Todo: Learn ERP5 Kernel (Notebook)

Wendelin-ERP5 - Juypter Interface Introduction
  • Note you have to connect to Wendelin/ERP5
  • The reference you set will store your notebook in the Date Notebook Module
  • Passing login/password will authenticate Juypter with Wendelin/ERP5
  • Note that your ERP5_URL in this case should be your internal url
  • You can retrieve it be running erp5-show -s in your webrunner terminal
  • Note, outside of the tutorial we would set the external IPv6 adress of ZOPE

Todo: Getting Started (Notebook)

Wendelin-ERP5 - Juypter Access Wendelin
  • Connect, set arbitrary reference and authenticate

Todo: Accessing Objects (Notebook)

Wendelin-ERP5 - Juypter Accessing Objects
  • Import necessary libs
  • Type context , this will give you the Wendelin/ERP5 Object
  • Type context.data_stream_module["1"] to get your uploaded sound file
  • Accessing data works the same ways throughout [IPv6]:30002/erp5/[module_name]/[id]
  • All modules you see on the Wendelin/ERP5 start page can be accessed like this
  • Once you have an object you can manipulate it
  • Note that accessing a file by internal id (1) is only one way
  • The standard way would be using the reference of the respective object, which will also allow to user portal_catalog to query

Todo: Accessing Data Itself (Notebook)

Wendelin-ERP5 - Juypter Accessing Data Itself
  • Try to get the length of the file using getData and via iterate
  • Note then when using ERP5 kernel all manipulations should be "Big Data Aware"
  • Just loading a file via getData() works for small files, but will break with volume
  • It's important to understand that manipulations outside of Wendelin.Core need to be Big Data "compatible"
  • Internally Wendelin.Core will run all manipulations "context-aware"
  • An alternative way to work would be to create your scripts inside Wendelin/ERP5 and call them from Juypter
  • Scripts/Manipulations are stored in Data Operations Module

Todo: Compute Fourier (Notebook)

Wendelin-ERP5 - Juypter Compute Fourier Series
  • Proceed to fetch data using getData for now
  • Extract one channel, save it back to Wendelin and compute FFT
  • Note, that ERP5 kernel at this time doesn't support %matplotlib inline
  • Note the way to call methods from Wendelin/ERP5 (Base_renderAsHtml )
  • Wendelin/ERP5 has a system of method acquistion. Every module can come with its own module specific methods and method names are always context specific ([object_name]_[method_name] ).

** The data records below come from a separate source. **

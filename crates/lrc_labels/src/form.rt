// What a label line says by itself.

ghost use Rattle.std.specs.Prelude.{◌≡◌, ◌<◌, ◌≤◌, ◌&&◌, ◌∷◌, [], Err, IfOk, IfSome, MatchResult, None, Ok, Some, if◌then◌else◌, map, nat_le, nat_lt, true};
ghost use Rattle.std.specs.List.{list_all};
ghost use Rattle.std.specs.Str.Parse.{digits_value};
ghost use Rattle.lrc_labels.specs.Name.{is_numeral};
ghost use Rattle.lrc_labels.specs.Reading.{first_of, form_seen, if_filled, last_of, locks_label, reading_of, several_label, single_label, size_fields, words_label};
ghost use Rattle.lrc_labels.specs.Sizes.{is_size, sizes_of};

use crate::label::{Reason, Target};
use crate::name::{is_name, is_numeral, number_below};
use crate::sizes::{are_sizes, fills};

/// A label without its sizes.
#[derive(Clone, Copy)]
pub struct Form<'t> {
    pub target: Target,
    pub name: &'t [u8],
}

/// Reads a label from the fields of a label line, in a program with this many words and locks. It fails, with the first
/// reason that applies, if they form no valid label. It does not look at other labels.
pub fn reading_of<'t>(fields: &[&'t [u8]], words: u32, locks: u8) -> Result<Form<'t>, Reason>
    ensures is { let fields_are = map (λ field. field.now) fields.now in
        MatchResult result (λ form. reading_of words locks fields_are
        ≡ Ok (form_seen form (sizes_of (size_fields fields_are))))
        (λ reason. reading_of words locks fields_are ≡ Err reason) }
    ensures sizes { IfOk result (λ form.
        list_all is_size (size_fields (map (λ field. field.now) fields.now)) ≡ true) }
    ensures ends { IfOk result (λ form. first_of form.target ≤ last_of form.target) }
{
    match fields {
        [kind, number, name] => reading_of_three(kind, number, name, words, locks),
        [kind, first, last, name, sizes @ ..] => {
            reading_of_several(kind, first, last, name, sizes, words, locks)
        }
        [] | [_] | [_, _] => Err(Reason::AnotherForm),
    }
}

fn reading_of_three<'t>(
    kind: &[u8],
    number: &[u8],
    name: &'t [u8],
    words: u32,
    locks: u8,
) -> Result<Form<'t>, Reason>
    ensures is { MatchResult result (λ form.
        reading_of words locks (kind.now ∷ number.now ∷ name.entry.now ∷ [])
        ≡ Ok (form_seen form []))
        (λ reason. reading_of words locks (kind.now ∷ number.now ∷ name.entry.now ∷ [])
        ≡ Err reason) }
    ensures ends { IfOk result (λ form. first_of form.target ≤ last_of form.target) }
{
    if is_numeral(number) && is_name(name) {
        single_label(kind, number, name, words, locks)
    } else {
        Err(Reason::AnotherForm)
    }
}

fn reading_of_several<'t>(
    kind: &[u8],
    first: &[u8],
    last: &[u8],
    name: &'t [u8],
    sizes: &[&[u8]],
    words: u32,
    locks: u8,
) -> Result<Form<'t>, Reason>
    ensures is { let sizes_are = map (λ size. size.now) sizes.now in
        let label_is = reading_of words locks
        (kind.now ∷ first.now ∷ last.now ∷ name.entry.now ∷ sizes_are) in
        MatchResult result (λ form. label_is ≡ Ok (form_seen form (sizes_of sizes_are)))
        (λ reason. label_is ≡ Err reason) }
    ensures sizes { IfOk result (λ form.
        list_all is_size (map (λ size. size.now) sizes.now) ≡ true) }
    ensures ends { IfOk result (λ form. first_of form.target ≤ last_of form.target) }
{
    if is_numeral(first) && is_numeral(last) && is_name(name) && are_sizes(sizes) {
        several_label(kind, first, last, name, sizes, words, locks)
    } else {
        Err(Reason::AnotherForm)
    }
}

// The label of one word or of one lock.
fn single_label<'t>(
    kind: &[u8],
    number: &[u8],
    name: &'t [u8],
    words: u32,
    locks: u8,
) -> Result<Form<'t>, Reason>
    requires { is_numeral number.now ≡ true }
    ensures is { MatchResult result (λ form.
        single_label words locks kind.now (digits_value 10 number.now) name.entry.now
        ≡ Ok (form_seen form []))
        (λ reason. single_label words locks kind.now (digits_value 10 number.now) name.entry.now
        ≡ Err reason) }
    ensures ends { IfOk result (λ form. first_of form.target ≤ last_of form.target) }
{
    if kind == b"word".as_slice() {
        match number_below(number, words) {
            Some(word) => Ok(Form {
                target: Target::Word(word),
                name,
            }),
            None => Err(Reason::NoSuchWord),
        }
    } else if kind == b"lock".as_slice() {
        match number_below(number, u32::from(locks)) {
            Some(lock) => Ok(Form {
                target: Target::Lock(lock as u8),
                name,
            }),
            None => Err(Reason::NoSuchLock),
        }
    } else {
        Err(Reason::AnotherForm)
    }
}

// The label of the words or of the locks from a first to a last.
fn several_label<'t>(
    kind: &[u8],
    first: &[u8],
    last: &[u8],
    name: &'t [u8],
    sizes: &[&[u8]],
    words: u32,
    locks: u8,
) -> Result<Form<'t>, Reason>
    requires first { is_numeral first.now ≡ true }
    requires last { is_numeral last.now ≡ true }
    requires sizes { list_all is_size (map (λ size. size.now) sizes.now) ≡ true }
    ensures is { let label_is = several_label words locks kind.now (digits_value 10 first.now)
        (digits_value 10 last.now) name.entry.now
        (sizes_of (map (λ size. size.now) sizes.now)) in
        MatchResult result (λ form. label_is
        ≡ Ok (form_seen form (sizes_of (map (λ size. size.now) sizes.now))))
        (λ reason. label_is ≡ Err reason) }
    ensures ends { IfOk result (λ form. first_of form.target ≤ last_of form.target) }
{
    if kind == b"words".as_slice() {
        words_label(first, last, name, sizes, words)
    } else if kind == b"locks".as_slice() {
        locks_label(first, last, name, sizes, locks)
    } else {
        Err(Reason::AnotherForm)
    }
}

fn words_label<'t>(
    first: &[u8],
    last: &[u8],
    name: &'t [u8],
    sizes: &[&[u8]],
    words: u32,
) -> Result<Form<'t>, Reason>
    requires first { is_numeral first.now ≡ true }
    requires last { is_numeral last.now ≡ true }
    requires sizes { list_all is_size (map (λ size. size.now) sizes.now) ≡ true }
    ensures is { let label_is = words_label words (digits_value 10 first.now)
        (digits_value 10 last.now) name.entry.now
        (sizes_of (map (λ size. size.now) sizes.now)) in
        MatchResult result (λ form. label_is
        ≡ Ok (form_seen form (sizes_of (map (λ size. size.now) sizes.now))))
        (λ reason. label_is ≡ Err reason) }
    ensures ends { IfOk result (λ form. first_of form.target ≤ last_of form.target) }
{
    let Some((first_word, last_word)) = range_of(first, last, words) else {
        return Err(Reason::NoSuchWord);
    };
    let target = Target::Words(first_word, last_word);
    if_filled(last_word + 1 - first_word, Form { target, name }, sizes)
}

fn locks_label<'t>(
    first: &[u8],
    last: &[u8],
    name: &'t [u8],
    sizes: &[&[u8]],
    locks: u8,
) -> Result<Form<'t>, Reason>
    requires first { is_numeral first.now ≡ true }
    requires last { is_numeral last.now ≡ true }
    requires sizes { list_all is_size (map (λ size. size.now) sizes.now) ≡ true }
    ensures is { let label_is = locks_label locks (digits_value 10 first.now)
        (digits_value 10 last.now) name.entry.now
        (sizes_of (map (λ size. size.now) sizes.now)) in
        MatchResult result (λ form. label_is
        ≡ Ok (form_seen form (sizes_of (map (λ size. size.now) sizes.now))))
        (λ reason. label_is ≡ Err reason) }
    ensures ends { IfOk result (λ form. first_of form.target ≤ last_of form.target) }
{
    let Some((first_lock, last_lock)) = range_of(first, last, u32::from(locks)) else {
        return Err(Reason::NoSuchLock);
    };
    let target = Target::Locks(first_lock as u8, last_lock as u8);
    if_filled(last_lock + 1 - first_lock, Form { target, name }, sizes)
}

// The first and the last number that these digits write, if they are in order and below a limit.
fn range_of(first: &[u8], last: &[u8], limit: u32) -> Option<(u32, u32)>
    requires first { is_numeral first.now ≡ true }
    requires last { is_numeral last.now ≡ true }
    ensures is { result ≡ (if nat_lt (digits_value 10 last.now) limit
        && nat_le (digits_value 10 first.now) (digits_value 10 last.now) then Some
        (digits_value 10 first.now, digits_value 10 last.now) else None) }
    ensures within { IfSome result (λ ends. (ends.0 ≤ ends.1) × (ends.1 < limit)) }
{
    let last_number = number_below(last, limit)?;
    let first_number = number_below(first, last_number + 1)?;
    Some((first_number, last_number))
}

// The label of so many words or locks, unless they are no whole rows of its sizes.
fn if_filled<'t>(count: u32, form: Form<'t>, sizes: &[&[u8]]) -> Result<Form<'t>, Reason>
    requires { list_all is_size (map (λ size. size.now) sizes.now) ≡ true }
    ensures is { let sizes_are = sizes_of (map (λ size. size.now) sizes.now) in
        MatchResult result (λ same.
        if_filled count (form_seen form.entry sizes_are) ≡ Ok (form_seen same sizes_are))
        (λ reason. if_filled count (form_seen form.entry sizes_are) ≡ Err reason) }
    ensures same { IfOk result (λ same. same.target ≡ form.entry.target) }
{
    if fills(count, sizes) {
        Ok(form)
    } else {
        Err(Reason::AnotherForm)
    }
}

Base methods on the other hand are core methods of Wendelin/ERP5 and applicable to more than one object.

Todo: Display Fourier (Notebook)

Wendelin-ERP5 - Juypter Display Fourier Series
  • Check the rendered Fourier graphs of your recorded sound file

Todo: Save Image (Notebook)

Wendelin-ERP5 - Juypter Save Image
  • Save the image back to Wendelin/ERP5.

Todo: Create BigFile Reader (Notebook)

Wendelin-ERP5 - Create Big File Class
  • Add a new class BigFileReader
  • Allows to pass out-of-core objects

Todo: Rerun using Big File Reader (Notebook)

Wendelin-ERP5 - Juypter Rerun using Big File Reader
  • Rerun using the Big File Reader
  • Now one more step is out of core compliant
  • Verify graphs render the same
  • We are now showing how to step by step convert our code to being Out-of-Core compatible
  • This will only be possible for code we write ourselves
  • Whenever we have to rely on 3rd party libraries, there is no guarantee that data will be handled in the correct way. The only option to be truly Out-of-Core is to either make sure the 3rd party methods used are compatible and fixing them accordingly/committing back or to reimplement a 3rd party library completely.

Todo: Redraw from Wendelin (Notebook)

Wendelin-ERP5 - Juypter Recover Plot
  • Redraw the plot directly from data stored in Wendelin/ERP5

Todo: Verify Images are Stored

Wendelin-ERP5 - Image Module
  • Head back to Wendelin/ERP5
  • Go to Image module and verify your stored images are there.

Todo: Verify Data Arrays are Stored

Wendelin-ERP5 - Data Array Module
  • Switch to the Data Array module
  • Verify all computed files are there.